Now, let's plot these workplaces (potential clientele) onto our existing map of restaurants in Canberra.

In [198]:
for index, row in df_google_work.iterrows():
    folium.CircleMarker([row['lat'], row['lng']],
                        radius=5,
                        fill=True,
                        color = 'green',
                        popup=folium.Popup(row['name'],parse_html=True)
                       ).add_to(m_map)
m_map

So, as we can from the above map, there are two regions of Canberra which have a good number of workplaces,
* The suburb of **Campbell**

* The suburb of **Parkes**

but, both of these suburbs are reasonably untapped in terms of food joints. 

* **Campbell** has a number of schools and sports grounds, so it would be a good educated guess to assume that the area would be regularly visited visited by people aged between 15-30. This age group is drawn towards fast food or casual dining joints more than luxury dining.

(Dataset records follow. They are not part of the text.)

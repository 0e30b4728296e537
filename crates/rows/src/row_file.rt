// A file of rows.
use crate::checking::check;
use crate::keys::{GROUP, ROW, is_one_of, unknown_key};
use crate::row::Row;
use crate::text::{shown, text_of};
use crate::unlike::Unlike;
use crate::value::list;
use anyhow::{Result, bail};
use std::alloc::Global;
use std::fs;
use toml::{Table, Value};

// How many rows there are, and how many of them do not hold.
#[derive(Clone, Copy)]
struct Counts {
    rows: u64,
    unlike: u64,
}

// Prints what does not hold of a row.
fn put_unlike(rt: &HostRuntime, alloc: Global, unlike: &Unlike) -> Result<()> {
    match unlike {
        Unlike::Memory => println!(rt; "  out of memory")?,
        Unlike::Form => println!(rt; "  a value of another form, or with another key")?,
        Unlike::Part { part, wanted, came } => {
            let wanted = shown(alloc, wanted)?;
            let came = shown(alloc, came)?;
            println!(rt; "  {part}, wanted: {wanted}\n  {part}, came: {came}")?;
        }
    }
    Ok(())
}

// Prints which row does not hold.
fn put_row(rt: &HostRuntime, alloc: Global, name: &str, row: &Row) -> Result<()> {
    let words = row.string("words", "").unwrap_or("");
    println!(rt; "{name}: talc {words}")?;
    if let Some(text) = row.said("text") {
        if let Ok(bytes) = text_of(alloc, text) {
            let text = shown(alloc, &bytes)?;
            println!(rt; "  of {text}")?;
        }
    }
    Ok(())
}

// A group of rows.
#[derive(Clone, Copy)]
struct Group<'a> {
    name: &'a str,
    rows: &'a [Value],
    keys: &'a Table,
}

fn group_of(keys: &Table) -> Option<Group<'_>> {
    let name = keys.get("name")?.as_str()?;
    let rows = list(keys.get("rows")?)?;
    Some(Group { name, rows, keys })
}

// Whether some row has no such key.
fn is_wanted(rows: &[Value], key: &str) -> bool {
    for row in rows {
        match row.as_table() {
            Some(row) if row.contains_key(key) => {}
            _ => return true,
        }
    }
    false
}

// The first key of the group that says nothing for any row.
fn idle_key<'a>(group: &Group<'a>) -> Option<&'a str> {
    for (key, _) in group.keys.iter() {
        if !is_one_of(GROUP, key) && !(is_one_of(ROW, key) && is_wanted(group.rows, key)) {
            return Some(key.as_str());
        }
    }
    None
}

// A group that has what it must have, and nothing else.
fn read_group(value: &Value) -> Result<Group<'_>> {
    let Some(keys) = value.as_table() else {
        bail!("a group is no table");
    };
    let Some(group) = group_of(keys) else {
        bail!("a group has no name, or no rows");
    };
    match idle_key(&group) {
        Some(key) => bail!("{}: `{key}` is no key, or each row has its own", group.name),
        None => Ok(group),
    }
}

// A row that has what it may have.
fn read_row<'a>(group: &Group<'a>, value: &'a Value) -> Result<Row<'a>> {
    let Some(own) = value.as_table() else {
        bail!("{}: a row is no table", group.name);
    };
    match unknown_key(own, ROW) {
        Some(key) => bail!("{}: `{key}` is no key of a row", group.name),
        None => Ok(Row {
            group: group.keys,
            own,
        }),
    }
}

fn check_row(rt: &HostRuntime, alloc: Global, name: &str, row: &Row) -> Result<bool> {
    match check(alloc, row) {
        Ok(()) => Ok(true),
        Err(unlike) => {
            put_row(rt, alloc, name, row)?;
            put_unlike(rt, alloc, &unlike)?;
            Ok(false)
        }
    }
}

fn check_group(rt: &HostRuntime, alloc: Global, group: &Group, before: Counts) -> Result<Counts> {
    let mut counts = before;
    for value in group.rows {
        let row = read_row(group, value)?;
        counts.rows = counts.rows.saturating_add(1);
        if !check_row(rt, alloc, group.name, &row)? {
            counts.unlike = counts.unlike.saturating_add(1);
        }
    }
    Ok(counts)
}

fn check_groups(rt: &HostRuntime, alloc: Global, groups: &[Value]) -> Result<Counts> {
    let mut counts = Counts { rows: 0, unlike: 0 };
    for group in groups {
        let group = read_group(group)?;
        counts = check_group(rt, alloc, &group, counts)?;
    }
    Ok(counts)
}

// The groups of a file, which has nothing else.
fn groups_of(file: &Table) -> Option<&[Value]> {
    let groups = list(file.get("group")?)?;
    if file.len() == 1 { Some(groups) } else { None }
}

fn read_table(rt: &HostRuntime, alloc: Global, name: &str) -> Result<Table> {
    let text = match fs::read(rt, name) {
        Ok(text) => text,
        Err(error) => bail!("{name}: {error}"),
    };
    match toml::table_from_slice(alloc, &text) {
        Ok(table) => Ok(table),
        Err(error) => bail!("{name}: {error}"),
    }
}

/// Does what the rows of a file say, and prints how many there are, behind those that do not hold; answers how many do
/// not hold.
pub fn check_file(rt: &HostRuntime, alloc: Global, name: &str) -> Result<u64> {
    let file = read_table(rt, alloc, name)?;
    let Some(groups) = groups_of(&file) else {
        bail!("{name}: not groups alone");
    };
    let counts = check_groups(rt, alloc, groups)?;
    println!(rt; "{name}: {} rows", counts.rows)?;
    Ok(counts.unlike)
}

* Alternatively, **Parkes** has a number of museums, government offices and workplaces. So, the visitors here would be more inclined to go to a high-end restaurant to meet colleagues or clients for lunch or dinner. This means, a luxury dining restaurant would be a more rational choice for this suburb.

So, these two locations, in my opinion would be good places to open a new restaurant, depending on what type of restaurant an owner would like to open.